[WHAT THIS TASK INVOLVES] Whichever lines of the material contain "stands", copy each of them.

[ENTRIES SHOWN]
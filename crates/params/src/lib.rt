// The parameters of a proof (document 01, "Parameters and domain"), by value. A later parameter byte is a field more here; no signature changes.
#![tactic(auto)]

ghost use Rattle.std.specs.Prelude.{◌≡◌, get_or, IfOk};
ghost use Rattle.answer.specs.Refusals.{number_in};
ghost use Rattle.params.specs.Parameters as spec;
ghost use Rattle.params.specs.Admission as admission;

use answer::Refusal;

#[repr(C)]
#[derive(Clone, Copy, Debug, PartialEq, Eq)]
pub struct Params {
    pub n: u8,
    pub b: u8,
    pub k: u8,
    pub q: u8,
}

// Parameters that are valid, which `admitted` has found.
#[derive(Clone, Copy)]
pub struct ValidParams {
    pub params: Params,
    pub ghost valid: { spec.Valid params },
}

// What an opening is asked for: a proof under these parameters, bound to this context. A later argument is a field more here.
#[derive(Clone, Copy, Debug, PartialEq, Eq)]
pub struct Terms {
    pub params: Params,
    pub context: [u8; 32],
}

// The number of parameter bytes.
pub const HEADER_SIZE: usize = 4;

// Where section 2's count stands.
pub const ROOT_COUNT_OFFSET: usize = 2 + HEADER_SIZE;

// The parameter bytes, as section 1, the first hash and a job have them.
// Stays, as does `from_header` (what may not change: docs/PROMISES.md names them; a From beside them would do the same twice).
pub fn header(p: Params) -> [u8; HEADER_SIZE]
    ensures { result ≡ spec.header p }
{
    [p.n, p.b, p.k, p.q]
}

// A byte of a slice; past its end 0.
fn byte_at(bytes: &[u8], i: usize) -> u8
    ensures { result ≡ get_or bytes.now i 0 }
{
    bytes.get(i).copied().unwrap_or(0)
}

// The parameters that the bytes at the front are; where there are fewer, zeros.
pub fn from_header(bytes: &[u8]) -> Params
    ensures { result ≡ spec.from_header bytes.now }
{
    let n = byte_at(bytes, 0);
    let b = byte_at(bytes, 1);
    let k = byte_at(bytes, 2);
    let q = byte_at(bytes, 3);
    Params { n, b, k, q }
}

fn in_range(low: u8, x: u8, high: u8) -> bool
    ensures { result ≡ spec.in_range low x high }
{
    (low..=high).contains(&x)
}

#[tactic(auto, unfolding(crate::specs::Parameters::valid))]
pub fn is_valid(p: Params) -> bool
    ensures { result ≡ spec.valid p }
{
    let used = p.b as u32 + p.k as u32;
    let n = p.n as u32;
    let fits = (used <= n) & (n <= used + 6);
    in_range(2, p.n, 20)
        & (in_range(1, p.b, 8) & (in_range(1, p.k, 12) & (in_range(1, p.q, 64) & fits)))
}

// A caller's parameters, where they are admitted.
pub fn admitted(p: Params) -> Result<ValidParams, Refusal>
    ensures number { number_in result ≡ admission.admission p }
    ensures ok { IfOk result (λ v. v.params ≡ p) }
{
    if is_valid(p) {
        Ok(ValidParams { params: p })
    } else {
        Err(Refusal::ParametersNotValid)
    }
}

// Whether a caller's arguments are admitted: the refusal's number, or 0.
// Stays beside `admitted`, which all crates ask (what may not change: docs/PROMISES.md names it, and it cannot fail).
pub fn admission(p: Params) -> u8
    ensures { result ≡ admission.admission p }
{
    match admitted(p) {
        Ok(_) => answer::OPEN,
        Err(refusal) => refusal.number(),
    }
}

// The number of bits of a leaf's index in layer 0.
pub fn index_bits(p: Params) -> u8
    ensures { result ≡ spec.index_bits p }
{
    p.n.saturating_sub(1)
}

// The number of values in a leaf.
pub fn values_per_leaf(p: Params) -> usize
    ensures { result ≡ spec.values_per_leaf p }
{
    2
}

// The height of a layer's tree: the number of siblings in an opening.
pub fn height(p: Params, layer: u8) -> usize
    ensures { result ≡ spec.height p layer }
{
    (p.n as usize).saturating_sub(layer as usize + 1)
}

// The bytes of a leaf's values.
pub fn leaf_length(p: Params) -> usize
    ensures { result ≡ spec.leaf_length p }
{
    4 * values_per_leaf(p)
}

// The bytes of an opening in a layer.
pub fn opening_length(p: Params, layer: u8) -> usize
    ensures { result ≡ spec.opening_length p layer }
{
    leaf_length(p) + 32 * height(p, layer)
}

// The bytes of a query's openings in the first layers.
#[tactic(auto, using(crate::proofs::ParameterLaws::lengths), unfolding(crate::specs::Parameters::query_length))]
pub fn query_length(p: Params, layers: u8) -> usize
    ensures { result ≡ spec.query_length p 0 layers }
{
    let mut sum = 0;
    for j in 0..layers {
        sum += opening_length(p, j);
    }
    sum
}

// The number F of final coefficients.
// Stays, as do the four like it (what may not change: docs/PROMISES.md names each); what they share is `admitted`.
pub fn final_count(p: Params) -> usize
    ensures { result ≡ spec.if_valid p (spec.final_count p) }
{
    admitted(p).map_or(0, |v| v.final_count())
}

// Where a layer's root stands; after the last one stands section 3's count.
pub fn root_offset(layer: u8) -> usize
    ensures { result ≡ spec.root_offset layer }
{
    ROOT_COUNT_OFFSET + 2 + 32 * layer as usize
}

// Where section 4's count stands.
pub fn query_count_offset(p: Params) -> usize
    ensures { result ≡ spec.if_valid p (spec.query_count_offset p) }
{
    admitted(p).map_or(0, |v| v.query_count_offset())
}

// Where section 4's first opening stands.
pub fn queries_offset(p: Params) -> usize
    ensures { result ≡ spec.if_valid p (spec.queries_offset p) }
{
    admitted(p).map_or(0, |v| v.queries_offset())
}

// Where the opening of a query in a layer stands.
pub fn opening_offset(p: Params, query: u8, layer: u8) -> usize
    ensures { result ≡ spec.if_valid p (spec.opening_offset p query layer) }
{
    admitted(p).map_or(0, |v| v.opening_offset(query, layer))
}

// The length L of a file.
pub fn file_length(p: Params) -> usize
    ensures { result ≡ spec.if_valid p (spec.file_length p) }
{
    admitted(p).map_or(0, |v| v.file_length())
}

// The same numbers of parameters that are valid.
impl ValidParams {
    #[tactic(auto, using(crate::proofs::ParameterLaws::final_made))]
    fn final_count(self) -> usize
        ensures { result ≡ spec.final_count self.params }
    {
        let p = self.params;
        let bits = p.n - p.b - p.k;
        binary::power_of_two(bits)
    }

    #[tactic(auto, using(crate::proofs::ParameterLaws::lengths))]
    fn query_count_offset(self) -> usize
        ensures { result ≡ spec.query_count_offset self.params }
    {
        root_offset(self.params.k) + 2 + 4 * self.final_count()
    }

    #[tactic(auto, using(crate::proofs::ParameterLaws::lengths), unfolding(crate::specs::Parameters::queries_offset))]
    fn queries_offset(self) -> usize
        ensures { result ≡ spec.queries_offset self.params }
    {
        self.query_count_offset() + 2
    }

    #[tactic(auto, using(crate::proofs::ParameterLaws::lengths), unfolding(crate::specs::Parameters::opening_offset))]
    fn opening_offset(self, query: u8, layer: u8) -> usize
        ensures { result ≡ spec.opening_offset self.params query layer }
    {
        let p = self.params;
        self.queries_offset() + query as usize * query_length(p, p.k) + query_length(p, layer)
    }

    #[tactic(auto, using(crate::proofs::ParameterLaws::lengths), unfolding(crate::specs::Parameters::file_length))]
    fn file_length(self) -> usize
        ensures { result ≡ spec.file_length self.params }
    {
        let p = self.params;
        self.queries_offset() + p.q as usize * query_length(p, p.k)
    }
}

[SOLUTION TO THE EXERCISE]
// Where section 2's count stands.
// Where a layer's root stands; after the last one stands section 3's count.
// Where section 4's count stands.
// Where section 4's first opening stands.
// Where the opening of a query in a layer stands.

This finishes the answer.